By the time you read this, it may already have happened: The Standard & Poor’s 500-stock index may have passed 1,565, the October 2007 peak the market has been climbing toward since the financial crisis bottomed out in March 2009.
More than five years later, stocks seem to be standing on firmer ground. The housing market is rebounding, with home prices showing their largest year-over-year increases since 2006. Jobless claims dropped to a five-year low for the week ended Jan. 19. And stocks may be, if anything, undervalued: The price-to-earnings ratio of the companies in the S&P 500 stood at 14.9 on Jan. 30, below its average of 19.8 since 1990.
The flow of upbeat data has helped lure small investors, who fled stocks for the perceived safe harbor of bonds after the crisis—and missed out on a 123 percent gain since March 2009. Americans have poured $39 billion into equity funds since Jan. 1, according to asset tracker EPFR Global, after pulling out hundreds of billions from stock mutual funds since 2008. “Optimism is significantly returning to the market, and investors of all stripes are adding on to their equity positions right now,” says Eric Johnston, a managing director in equities trading at Barclays (BCS).
So what’s left to worry about? In a word, the Fed. Some economists are concerned about what will happen when the Federal Reserve eventually begins to scale back its $85 billion in monthly bond purchases, which have pumped money into the financial system, keeping interest rates down and nudging investors toward riskier investments such as stocks. Members of the Federal Open Market Committee began signaling in December that this round of quantitative easing, once nicknamed QE Infinity for its lack of an expiration date, could ebb well before the end of 2013.
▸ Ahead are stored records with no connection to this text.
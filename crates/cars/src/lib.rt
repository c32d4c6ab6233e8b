// The cars that go round the ring, what the number of the rules says, the test that a car names nothing that is missing (13), and
// the flag that goes with the cars sent.
#![tactic(auto)]

ghost use Rattle.std.specs.Prelude.{◌≡◌, ℕ, Option};
ghost use Rattle.cars.specs.Cars.{multiring, release_needs_idle, is_node, names, car_names, flag_after};
ghost use Rattle.cars.specs.Carried.{names_carried};

// What a car carries: its lock and its source node.
#[derive(Clone, Copy, Debug, PartialEq, Eq, Hash)]
pub struct Tag {
    pub lock: u8,
    pub source: u8,
}

// A sender that rests sends idle. Gotp and didv, the notices to the junctions, exist under multiring rules only.
#[derive(Clone, Copy, Debug, PartialEq, Eq, Hash)]
pub enum Car {
    Idle,
    Token,
    Null,
    Reqp(Tag),
    Failp(Tag),
    Dov(Tag),
    Gotp(Tag),
    Didv(Tag),
}

// What a state's plan has: its rules, how many nodes and how many locks.
#[derive(Clone, Copy, Debug, PartialEq, Eq)]
pub struct Limits {
    pub rules: u8,
    pub nodes: u8,
    pub locks: u8,
}

// Whether the rules of this number have junctions, gotp, didv and letting go.
#[tactic(auto, unfolding(crate::specs::Cars::multiring))]
pub fn multiring(rules: u8) -> bool
    ensures { result ≡ multiring rules }
{
    rules == 2 || rules == 4
}

// Whether a release needs an idle activity under the rules of this number.
#[tactic(auto, unfolding(crate::specs::Cars::release_needs_idle))]
pub fn release_needs_idle(rules: u8) -> bool
    ensures { result ≡ release_needs_idle rules }
{
    rules == 1 || rules == 2
}

// Whether a number is that of one of the user nodes.
#[tactic(auto, unfolding(crate::specs::Cars::is_node))]
pub fn is_node(nodes: u8, node: u8) -> bool
    ensures { result ≡ is_node nodes node }
{
    1 <= node && node <= nodes
}

// Whether both the lock and the source are there.
#[tactic(auto, unfolding(crate::specs::Cars::names))]
fn names(limits: Limits, tag: Tag) -> bool
    ensures { result ≡ names limits.nodes limits.locks tag.lock tag.source }
{
    is_node(limits.nodes, tag.source) && tag.lock < limits.locks
}

// What a car that carries something carries: whether it is a notice (gotp, didv) and no request, its lock and its source.
#[derive(Clone, Copy)]
struct Carried {
    notice: bool,
    tag: Tag,
}

// What 13 asks of a car is asked of what it carries.
#[tactic(auto, unfolding(crate::specs::Cars::car_names, crate::specs::Cars::notice_names))]
fn carried_by(car: Car) -> Option<Carried>
    ensures { (rules nodes locks : ℕ) → car_names rules nodes locks car ≡ names_carried rules nodes locks result }
{
    match car {
        Car::Idle | Car::Token | Car::Null => None,
        Car::Reqp(tag) | Car::Failp(tag) | Car::Dov(tag) => Some(Carried { notice: false, tag }),
        Car::Gotp(tag) | Car::Didv(tag) => Some(Carried { notice: true, tag }),
    }
}

// Whether a car names no missing node or lock, and is no gotp or didv under ring rules. By what it carries and not by its case,
// since 13 asks it of every car of a state at every action.
pub fn car_names(limits: Limits, car: Car) -> bool
    ensures { result ≡ car_names limits.rules limits.nodes limits.locks car }
{
    match carried_by(car) {
        None => true,
        Some(Carried { notice, tag }) => (!notice || multiring(limits.rules)) && names(limits, tag),
    }
}

// The in-train flag after a car was sent.
#[tactic(auto, unfolding(crate::specs::Cars::flag_after))]
pub fn flag_after(car: Car, flag: bool) -> bool
    ensures { result ≡ flag_after car flag }
{
    match car {
        Car::Idle => false,
        Car::Token => true,
        _ => flag,
    }
}
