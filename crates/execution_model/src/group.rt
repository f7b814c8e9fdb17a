use text_types::{Items, Text};

/// The fields of one response key: the number of the first of them, and their own selection sets, by
/// number and joined (GraphQL October 2021, 6.3.2). A field without a number is the `__typename` that is
/// put at the front of a set when the operation is sent.
#[derive(Drop)]
pub struct Group {
    pub key: Text,
    pub field: Option<u64>,
    pub sets: Items<u64>,
}
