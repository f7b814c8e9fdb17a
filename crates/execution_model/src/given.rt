use gql_value::Value;

/// What stands at a place where a value is wanted: nothing, something that the place doesn't take, or a
/// value (GraphQL October 2021, 3.10 and 6.4.1).
#[derive(Drop)]
pub enum Given {
    Absent,
    Refused,
    Is(Value),
}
Markets may react strongly to the first hint of reversal. “There is no pulling back a little,” says Drew Matus, senior U.S. economist at UBS (UBS). “It is always going to be hard to disengage in a very gradual manner.” Goldman Sachs Group (GS) President Gary Cohn voiced a similar concern at last week’s gathering of the economic elite in Davos when he warned that a sudden increase in interest rates would represent a “big risk,” potentially shocking the entire financial system. By raising the cost of borrowing, higher rates could crimp corporate profits and slow the housing recovery. For now, the Fed’s asset purchases will continue, the bank announced on Jan. 30, the same day the government said the economy shrank 0.1 percent last quarter.
Not everyone sees the eventual end of the Fed’s bond buying as a death knell for stocks. “It might be a confidence booster,” says James Paulsen, the chief investment strategist at Wells Capital Management. “Because if the last scaredy-cat Fed member goes, ‘Hey, you’re right, it’s looking a little better,’ that could increase private-sector confidence.”
Whether the Fed’s extraordinary behavior has been a bridge that got the economy to solid ground, or is itself a kind of bubble that will burst, is the central question that’s dividing bulls and bears today. The pessimistic view is that the return of average investors to the stock market is a negative bellwether, a signal that the “dumb money” has arrived and the rally is near its end.
The rosier stance is that the economy’s fundamentals are strong and the psychological trauma of the crisis has finally healed. Paulsen argues that the S&P’s high-water mark isn’t just another number on a chart but an inflection point for the way Americans see the economy. “The national financial conversation for four or five years has been, ‘Are you being conservative enough in this high-risk world?’ ” he says. “It’s going to change, if we break through 1,565 and we’re at all-time highs, to ‘Are you missing out?’ ”
The bottom line: Some say the rally that has lifted stocks 123 percent will end once the Fed stops its $85 billion monthly bond purchases.